» TASK ITEM:
Only the lines below between the ones containing "tree of files." and "isn't there doesn't.", inclusive, are to be reproduced, each exactly as it stands.

Start of DATASET ENTRIES

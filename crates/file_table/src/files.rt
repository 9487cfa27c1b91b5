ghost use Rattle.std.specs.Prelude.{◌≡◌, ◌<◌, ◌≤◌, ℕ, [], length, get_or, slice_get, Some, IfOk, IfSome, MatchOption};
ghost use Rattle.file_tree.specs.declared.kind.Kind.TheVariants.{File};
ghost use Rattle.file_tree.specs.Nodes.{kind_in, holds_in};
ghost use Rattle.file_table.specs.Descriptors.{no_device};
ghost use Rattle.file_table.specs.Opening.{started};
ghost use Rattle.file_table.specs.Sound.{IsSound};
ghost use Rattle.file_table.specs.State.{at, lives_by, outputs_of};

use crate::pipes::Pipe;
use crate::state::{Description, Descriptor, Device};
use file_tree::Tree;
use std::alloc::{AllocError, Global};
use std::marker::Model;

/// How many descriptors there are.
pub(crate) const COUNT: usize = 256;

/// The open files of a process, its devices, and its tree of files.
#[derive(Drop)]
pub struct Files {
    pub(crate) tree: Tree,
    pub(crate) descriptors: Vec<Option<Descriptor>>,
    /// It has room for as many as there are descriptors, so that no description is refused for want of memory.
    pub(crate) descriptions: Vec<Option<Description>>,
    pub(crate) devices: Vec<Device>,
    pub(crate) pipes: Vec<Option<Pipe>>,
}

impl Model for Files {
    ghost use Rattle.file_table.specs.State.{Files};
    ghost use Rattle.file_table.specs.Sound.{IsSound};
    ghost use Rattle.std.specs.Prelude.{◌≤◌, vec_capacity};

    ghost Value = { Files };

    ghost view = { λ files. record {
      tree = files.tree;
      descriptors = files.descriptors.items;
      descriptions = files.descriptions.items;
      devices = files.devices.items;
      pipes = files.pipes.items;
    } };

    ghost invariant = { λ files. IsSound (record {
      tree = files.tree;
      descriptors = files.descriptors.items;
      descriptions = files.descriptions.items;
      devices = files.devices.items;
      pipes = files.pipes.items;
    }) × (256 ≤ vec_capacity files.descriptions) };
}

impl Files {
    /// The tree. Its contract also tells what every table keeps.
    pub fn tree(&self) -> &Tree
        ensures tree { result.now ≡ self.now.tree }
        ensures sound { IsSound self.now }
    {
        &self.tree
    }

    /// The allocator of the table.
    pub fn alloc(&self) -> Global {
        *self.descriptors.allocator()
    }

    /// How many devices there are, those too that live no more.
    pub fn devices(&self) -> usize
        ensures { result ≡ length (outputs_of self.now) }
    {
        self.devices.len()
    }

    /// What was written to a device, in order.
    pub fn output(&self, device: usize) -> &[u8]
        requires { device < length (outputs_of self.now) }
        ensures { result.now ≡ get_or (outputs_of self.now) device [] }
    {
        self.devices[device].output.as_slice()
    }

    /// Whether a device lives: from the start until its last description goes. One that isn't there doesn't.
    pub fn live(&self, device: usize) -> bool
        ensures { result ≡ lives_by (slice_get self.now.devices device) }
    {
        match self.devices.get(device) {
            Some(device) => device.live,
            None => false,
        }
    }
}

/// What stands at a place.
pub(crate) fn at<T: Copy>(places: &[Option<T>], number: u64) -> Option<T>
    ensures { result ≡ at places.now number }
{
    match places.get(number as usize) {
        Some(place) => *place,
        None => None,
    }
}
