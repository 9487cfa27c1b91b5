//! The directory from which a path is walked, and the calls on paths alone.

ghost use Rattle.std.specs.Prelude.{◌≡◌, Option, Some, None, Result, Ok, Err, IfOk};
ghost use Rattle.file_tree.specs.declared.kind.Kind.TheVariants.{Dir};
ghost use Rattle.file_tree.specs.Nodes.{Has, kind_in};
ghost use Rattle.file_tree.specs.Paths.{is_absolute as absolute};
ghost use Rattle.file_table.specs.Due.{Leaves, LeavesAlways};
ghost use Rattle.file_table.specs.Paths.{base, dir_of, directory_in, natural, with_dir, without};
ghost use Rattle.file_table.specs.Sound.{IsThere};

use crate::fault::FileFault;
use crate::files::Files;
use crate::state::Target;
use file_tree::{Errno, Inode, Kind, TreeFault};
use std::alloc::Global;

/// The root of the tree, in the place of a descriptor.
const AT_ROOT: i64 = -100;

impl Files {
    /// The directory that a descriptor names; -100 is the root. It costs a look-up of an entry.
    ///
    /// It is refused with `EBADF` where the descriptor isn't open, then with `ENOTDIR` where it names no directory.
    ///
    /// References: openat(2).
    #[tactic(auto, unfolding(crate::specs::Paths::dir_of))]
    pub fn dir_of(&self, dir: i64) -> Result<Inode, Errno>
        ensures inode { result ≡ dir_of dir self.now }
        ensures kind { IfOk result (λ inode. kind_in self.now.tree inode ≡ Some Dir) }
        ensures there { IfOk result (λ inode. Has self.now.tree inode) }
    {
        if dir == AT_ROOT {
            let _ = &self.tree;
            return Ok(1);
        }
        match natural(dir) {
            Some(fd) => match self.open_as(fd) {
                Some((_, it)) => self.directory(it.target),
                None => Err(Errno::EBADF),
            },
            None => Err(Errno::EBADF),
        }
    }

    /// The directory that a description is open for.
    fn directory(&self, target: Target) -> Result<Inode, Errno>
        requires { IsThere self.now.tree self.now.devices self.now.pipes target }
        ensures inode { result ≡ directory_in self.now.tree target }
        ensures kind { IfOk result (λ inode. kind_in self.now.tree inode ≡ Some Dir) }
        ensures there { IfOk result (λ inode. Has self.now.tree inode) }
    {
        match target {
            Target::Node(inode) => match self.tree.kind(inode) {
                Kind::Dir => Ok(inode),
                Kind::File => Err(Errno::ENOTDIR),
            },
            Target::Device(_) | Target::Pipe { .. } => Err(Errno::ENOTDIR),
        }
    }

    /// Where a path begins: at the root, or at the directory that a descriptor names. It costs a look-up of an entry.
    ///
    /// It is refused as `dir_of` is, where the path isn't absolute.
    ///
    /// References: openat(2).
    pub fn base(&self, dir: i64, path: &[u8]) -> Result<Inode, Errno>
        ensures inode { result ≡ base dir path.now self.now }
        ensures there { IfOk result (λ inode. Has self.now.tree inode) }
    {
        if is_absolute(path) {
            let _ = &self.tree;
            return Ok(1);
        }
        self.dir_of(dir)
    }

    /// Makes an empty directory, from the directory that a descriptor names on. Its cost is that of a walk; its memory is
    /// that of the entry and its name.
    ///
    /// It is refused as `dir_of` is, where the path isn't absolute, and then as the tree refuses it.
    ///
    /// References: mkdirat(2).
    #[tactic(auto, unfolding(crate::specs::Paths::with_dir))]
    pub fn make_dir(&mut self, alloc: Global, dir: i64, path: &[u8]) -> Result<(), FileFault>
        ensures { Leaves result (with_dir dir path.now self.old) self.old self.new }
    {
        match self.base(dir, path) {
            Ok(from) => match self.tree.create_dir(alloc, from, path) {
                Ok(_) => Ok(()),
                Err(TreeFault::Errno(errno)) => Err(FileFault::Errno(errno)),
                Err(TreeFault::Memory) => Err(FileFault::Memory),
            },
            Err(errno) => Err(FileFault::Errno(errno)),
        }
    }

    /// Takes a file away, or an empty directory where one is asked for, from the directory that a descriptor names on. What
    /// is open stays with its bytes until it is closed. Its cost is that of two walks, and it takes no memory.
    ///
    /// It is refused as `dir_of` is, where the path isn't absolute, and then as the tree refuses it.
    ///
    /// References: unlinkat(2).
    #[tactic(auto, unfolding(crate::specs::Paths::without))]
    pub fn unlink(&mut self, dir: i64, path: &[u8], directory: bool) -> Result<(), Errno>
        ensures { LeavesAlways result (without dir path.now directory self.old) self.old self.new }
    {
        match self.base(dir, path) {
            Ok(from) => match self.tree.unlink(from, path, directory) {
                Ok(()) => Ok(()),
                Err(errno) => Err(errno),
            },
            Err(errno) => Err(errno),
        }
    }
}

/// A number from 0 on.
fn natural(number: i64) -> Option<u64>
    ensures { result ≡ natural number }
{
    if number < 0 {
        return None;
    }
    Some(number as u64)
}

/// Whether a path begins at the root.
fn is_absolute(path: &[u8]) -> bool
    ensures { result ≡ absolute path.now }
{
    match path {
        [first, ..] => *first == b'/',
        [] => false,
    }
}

End of DATASET ENTRIES

» RESPONSE TO THIS TASK:
/// The open files of a process, its devices, and its tree of files.
#[derive(Drop)]
pub struct Files {
    pub(crate) tree: Tree,
    pub(crate) descriptors: Vec<Option<Descriptor>>,
    /// It has room for as many as there are descriptors, so that no description is refused for want of memory.
    pub(crate) descriptions: Vec<Option<Description>>,
    pub(crate) devices: Vec<Device>,
    pub(crate) pipes: Vec<Option<Pipe>>,
}

impl Model for Files {
    ghost use Rattle.file_table.specs.State.{Files};
    ghost use Rattle.file_table.specs.Sound.{IsSound};
    ghost use Rattle.std.specs.Prelude.{◌≤◌, vec_capacity};

    ghost Value = { Files };

    ghost view = { λ files. record {
      tree = files.tree;
      descriptors = files.descriptors.items;
      descriptions = files.descriptions.items;
      devices = files.devices.items;
      pipes = files.pipes.items;
    } };

    ghost invariant = { λ files. IsSound (record {
      tree = files.tree;
      descriptors = files.descriptors.items;
      descriptions = files.descriptions.items;
      devices = files.devices.items;
      pipes = files.pipes.items;
    }) × (256 ≤ vec_capacity files.descriptions) };
}

impl Files {
    /// The tree. Its contract also tells what every table keeps.
    pub fn tree(&self) -> &Tree
        ensures tree { result.now ≡ self.now.tree }
        ensures sound { IsSound self.now }
    {
        &self.tree
    }

    /// The allocator of the table.
    pub fn alloc(&self) -> Global {
        *self.descriptors.allocator()
    }

    /// How many devices there are, those too that live no more.
    pub fn devices(&self) -> usize
        ensures { result ≡ length (outputs_of self.now) }
    {
        self.devices.len()
    }

    /// What was written to a device, in order.
    pub fn output(&self, device: usize) -> &[u8]
        requires { device < length (outputs_of self.now) }
        ensures { result.now ≡ get_or (outputs_of self.now) device [] }
    {
        self.devices[device].output.as_slice()
    }

    /// Whether a device lives: from the start until its last description goes. One that isn't there doesn't.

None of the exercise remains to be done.